The entire project is built on Gemini 2.5 Pro. The author admits that he uses Gemini CLI far more frequently than Claude Code in his daily work, which is why he chose to deeply customize within the Gemini ecosystem. What's even more interesting is that the project itself was built with Gemini's assistance—a textbook case of "AI helping you build AI tools."
It's worth noting that the core logic of such engineering configuration systems lies in Token optimization. Tokens are the basic units that large language models use to process text, roughly corresponding to 0.75 English words or fewer Chinese characters. Since most commercial models charge based on input and output token counts, the token consumption of each conversation directly impacts usage costs. Through carefully designed System Prompts, context compression strategies, and conversation state management, engineering configurations can convey the most effective information with the fewest tokens per interaction—practice shows that proper prompt engineering can reduce token consumption for equivalent tasks by 30%-60%.
Core Features of G-Rec
Windows Adaptation and Chinese Path Support
One important feature of G-Rec is its deep adaptation for Windows systems. Many open-source AI tools have subpar compatibility on Windows, especially when it comes to path handling. The technical root cause lies in the historical legacy of character encoding systems: Windows defaults to GBK/GB2312 encoding for Chinese characters, while most open-source tools and modern programming languages default to UTF-8 encoding. Additionally, Windows uses backslashes (\\) as path separators, while Unix/Linux systems use forward slashes (/), and many tools fail to handle cross-platform compatibility during path concatenation. Since the author habitually uses Chinese-named paths, he specifically resolved various encoding issues caused by Chinese paths. Through a unified encoding processing layer and path normalization logic, he eliminated a long-standing pain point for Chinese developers.
Persona System: Making Gemini Understand You Better
G-Rec introduces a flexible Persona system. On a technical level, this corresponds to structured management of System Prompts—instruction sets injected to the model before each conversation begins, defining the model's role, behavioral norms, and output format preferences. Users can configure different role definitions and behavioral preferences for Gemini, with support for hierarchical management between global settings and project-level settings. This layered design borrows from mature software configuration management patterns, similar to the relationship between Git's global configuration and repository-level configuration: global settings define general behavioral preferences (such as language style and response format), while project-level settings customize for specific codebases' tech stacks and naming conventions, eliminating the need for developers to repeatedly explain background information in every conversation.

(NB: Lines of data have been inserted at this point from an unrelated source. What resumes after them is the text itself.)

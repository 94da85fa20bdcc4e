// The conditions of a guard.
ghost use Rattle.std.specs.Prelude.{◌≡◌};
ghost use Rattle.lexical.specs.declared.key.Key.TheVariants.{Clk as clock_key, Dif as difference_key, Val as value_key};
ghost use Rattle.grammar.specs.Reading.{clock_condition, difference_condition, variable_condition};
ghost use Rattle.lines.specs.Values.{part_of, there_of};

use crate::present::Present;
use fields::text::FieldText;
use lexical::fault::SequenceFault;
use parts::part::Condition;

// A clock against a constant.
pub fn clock_line(value: FieldText, present: Present) -> Result<Condition, SequenceFault>
    ensures { result ≡ part_of (there_of present) clock_key clock_condition value.entry.at value.entry.bytes.now }
{
    let (x, y, z, _) = value.fields(3)?;
    let clock = x.reference(present.scope.counts.clocks as usize)?;
    let relation = y.relation()?;
    let constant = z.number(0, 1000000000)?;
    Ok(Condition::Clock(clock, relation, constant))
}

// The difference of two clocks against a constant.
pub fn difference_line(value: FieldText, present: Present) -> Result<Condition, SequenceFault>
    ensures { result ≡ part_of (there_of present) difference_key difference_condition value.entry.at value.entry.bytes.now }
{
    let (x, y, z, w) = value.fields(4)?;
    let first = x.reference(present.scope.counts.clocks as usize)?;
    let second = y.reference(present.scope.counts.clocks as usize)?;
    let relation = z.relation()?;
    let constant = w.number(-1000000000, 1000000000)?;
    Ok(Condition::Difference(first, second, relation, constant))
}

// A variable against a constant.
pub fn value_line(value: FieldText, present: Present) -> Result<Condition, SequenceFault>
    ensures { result ≡ part_of (there_of present) value_key variable_condition value.entry.at value.entry.bytes.now }
{
    let (x, y, z, _) = value.fields(3)?;
    let variable = x.reference(present.scope.variables)?;
    let relation = y.relation()?;
    let constant = z.number(-32768, 32767)?;
    Ok(Condition::Variable(variable, relation, constant))
}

From the demo, when G-Rec is launched in a new directory with global settings already configured, the system automatically reads the working directory information and persona configuration. Users simply type "start," and the framework completes the initialization process, including:
- Reading and loading the working directory structure
- Applying preset persona settings
- Initializing installed skills and plugins
Skills Extension Mechanism: Giving Gemini Hands and Feet
One of G-Rec's most attractive designs is its Skills extension mechanism. To understand the value of this mechanism, you first need to understand the concept of AI Agents: agents are AI systems capable of perceiving their environment, autonomously planning, and executing a series of actions to accomplish goals, distinguishing them from simple Q&A interactions. Agent frameworks typically include Tool Use mechanisms that allow models to execute code, read/write files, and call APIs, upgrading them from "thinkers" to "doers." G-Rec's skills extension mechanism is essentially a tool registration system—users can have Gemini add new skill modules directly through the conversation interface, without manually writing configuration files or modifying code.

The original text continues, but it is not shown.